Here's a link to some really good articles written by an animal behaviorist explaining why pet shop/puppy mill puppies can be hard to housebreak, socialize and have temperament problems.

http://www.badgerkennelclub.com/puppy_mills.htm


----------



## k/c mom (Oct 9, 2004)

That is one of the most informative articles I've ever read. Excellent!! I went ahead and copied and pasted as it teaches too much not to be read by everyone.

*How can I find a responsible breeder or rescue organization?*

So where does one look for a puppy or adult dog? An excellent site, the Dog Owner's Guide, offers help with finding a dog by discussing the pros and cons of the various sources for obtaining a puppy including a section on rescue organizations.

Is this breeder reputable? How do you find a responsible breeder or rescue organization? Locating responsible breeders and rescue contacts can be difficult. You won't often read their ads in the local newspaper, nor will you see their puppies at a pet store. But don't get discouraged, you've already come a long way!

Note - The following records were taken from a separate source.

ghost use Rattle.std.specs.Prelude.{◌≡◌, IfOk};
ghost use Rattle.p9_manual.specs.State.{by_id};
ghost use Rattle.p9_sched.specs.Schedule.{name_of};
ghost use Rattle.p9_sched.specs.Stands.{Tracks};
ghost use Rattle.p9_thread_calls.specs.Memory.{HasMemory, message_of};

use p9_sched::Sched;
use p9_word::{Msg, NoMemory, ThreadReq, Tid};
use std::alloc::Global;

/// What a request needs beside its own memory and the schedule's.
#[derive(Drop)]
pub enum Spare {
    /// Nothing.
    Nothing,
    /// A copy of the caller's name, which is told.
    Name(Msg),
}

impl Spare {
    /// A copy of the message that the request is told; without bytes where it is told none.
    pub fn message(&self) -> Result<Msg, NoMemory>
        ensures { IfOk result (λ message. message ≡ message_of self.now) }
    {
        match self {
            Spare::Nothing => Ok(Msg::new()),
            Spare::Name(name) => name.copy(),
        }
    }
}

/// A copy of the name of a thread; one that wasn't made has none.
fn name_of(sched: &Sched, t: Tid, alloc: Global) -> Result<Msg, NoMemory>
    ensures { IfOk result (λ name. name ≡ name_of (by_id sched.now.threads t)) }
{
    if sched.is_made(t) {
        Msg::from_slice(alloc, sched.name(t))
    } else {
        Ok(Msg::new())
    }
}

/// Takes the memory that a request of thread t needs: room in the schedule for what it makes or sets, or a copy of the
/// name that it is told. A refusal changes nothing.
pub fn reserve(
    sched: &mut Sched,
    t: Tid,
    request: &ThreadReq,
    alloc: Global,
) -> Result<Spare, NoMemory>
    ensures stays { sched.new ≡ record sched.old { rooms = sched.new.rooms } }
    ensures stands { Tracks (λ s. s) sched.old sched.new }
    ensures memory { IfOk result (HasMemory request.now t sched.new) }
{
    match request {
        ThreadReq::ThreadCreate { .. }
        | ThreadReq::ProcCreate { .. }
        | ThreadReq::ThreadSetGrp { .. }
        | ThreadReq::ThreadSetName { .. } => {
            sched.reserve()?;
            Ok(Spare::Nothing)
        }
        ThreadReq::ThreadGetName => Ok(Spare::Name(name_of(sched, t, alloc)?)),
        _ => Ok(Spare::Nothing),
    }
}
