ghost use Rattle.std.specs.Prelude.{◌≡◌, ◌++◌, ◌∷◌, [], List, IfOk, OnErr, true};
ghost use Rattle.p9_word.specs.Setup.{IsValid};
ghost use Rattle.p9_word.specs.declared.setup.Setup.{Setup};
ghost use Rattle.p9_word.specs.declared.trail.Entry.{Entry};
ghost use Rattle.p9_word.specs.declared.trail.Event.TheVariants.{Next, Call};
ghost use Rattle.p9_word.specs.declared.trail.Seat.TheVariants.{Proc};
ghost use Rattle.p9_manual.specs.History.{with_entry};
ghost use Rattle.p9_laws.specs.IoReplies.{ioproc_after};
ghost use Rattle.p9_manual.specs.Programs.{life};
ghost use Rattle.p9_manual.specs.Step.{makes_entry};
ghost use Rattle.p9_laws.specs.RunReplies.{reply_at, IsLiving, IsNextReply};
ghost use Rattle.p9_run.specs.Over.{StaysOver};
ghost use Rattle.p9_run.specs.Takes.{TakesAt, MayTell, noted};

use p9_word::{Effect, IoCall, NoMemory, Reply, Request, Room, Tid};

/// A machine, as the rounds see it: what it started from, and all that happened. Where memory is wanted
/// nothing has happened.
pub(crate) trait Engine {
    /// What it started from. No event changes it.
    ghost setup: { Self → Setup };

    /// All that happened, in order.
    ghost entries: { Self → List Entry };

    /// Proc `p` asks which thread is to run.
    fn next(&mut self, p: u32) -> Result<Reply, NoMemory>
        requires valid { IsValid (setup self.old) }
        ensures setup { setup self.new ≡ setup self.old }
        ensures reply { IfOk result (λ r. r ≡ reply_at (setup self.old) (entries self.old) (Proc p) Next) }
        ensures entries { IfOk result (λ r. entries self.new ≡ with_entry (entries self.old) (Proc p) Next r) }
        ensures refused { OnErr result (entries self.new ≡ entries self.old) }
        ensures may { IfOk result (λ r. IsNextReply (λ t. life t (entries self.old)) (setup self.old).programs r) }
        ensures over { StaysOver (reply_at (setup self.old) (entries self.old)) (reply_at (setup self.new) (entries self.new)) };

    /// Thread `t` makes a request in proc `p`. Nothing happens where it doesn't run there.
    fn call(&mut self, p: u32, t: Tid, request: Request) -> Result<Reply, NoMemory>
        ensures setup { setup self.new ≡ setup self.old }
        ensures entries { IfOk result (λ r. entries self.new ≡ with_entry (entries self.old) (Proc p) (Call t request) r) }
        ensures refused { OnErr result (entries self.new ≡ entries self.old) }
        ensures living { IfOk result (λ r. makes_entry r ≡ true → IsLiving (life t (entries self.old))) }
        ensures over { StaysOver (reply_at (setup self.old) (entries self.old)) (reply_at (setup self.new) (entries self.new)) };

    /// Ioproc `k` asks for its call, and gets room for what a read gives. It is `None` where no call is
    /// posted there, or the run is at its end.
    fn take(&mut self, k: u32) -> Result<Option<(IoCall, Room<u8>)>, NoMemory>
        ensures setup { setup self.new ≡ setup self.old }
        ensures call { IfOk result (λ o. TakesAt (setup self.new) k (entries self.old) o (entries self.new)) }
        ensures refused { OnErr result (entries self.new ≡ entries self.old) };

    /// Ioproc `k` tells what its call came to. All memory for it was taken with the call.
    fn did(&mut self, k: u32, effect: Effect)
        requires { MayTell (ioproc_after (setup self.old) (entries self.old) k) effect }
        ensures setup { setup self.new ≡ setup self.old }
        ensures entries { entries self.new ≡ entries self.old ++ noted k effect ∷ [] };
}
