//! The requests on threads, procs, groups, names and words, but for those that end threads. thread(2).
//!
//! [`reserve`] takes the memory that a request needs, and [`call`] serves it, over the schedule alone.
#![tactic(auto)]

mod calls;
mod create;
mod spares;
mod values;

pub use calls::call;
pub use spares::{Spare, reserve};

An all-breed club like the Badger Kennel Club can be an excellent resource for referrals to responsible breeders and rescue contacts. Other dog owners (of the breed you're fancying), veterinarians, purebred dog registries, such as the American Kennel Club (AKC), United Kennel Club (UKC), and American Rare Breed Association (ARBA) can also be good starting points. Acme Pet offers some additional tips on choosing a quality dog breeder. And Club member, Sheryl Bolton, offers several signs of a responsible breeder and possible signs for concern.

*About the author:*

Sharon Savage earned her M.S. in Zoology/Animal Behavior from the University of Wisconsin, and currently lives and works in England.  From 1996-99, she ran K-9 Behavioral Solutions, providing in-home dog behavior counseling and classes to over 700 clients in Wisconsin and surrounding states. She has two dogs:  Piper, a Jack Russell Terrier, and Dagger, an Australian Cattle Dog.


----------



## saltymalty (Sep 14, 2004)

Marj, as always, you are a wonderful resource.


----------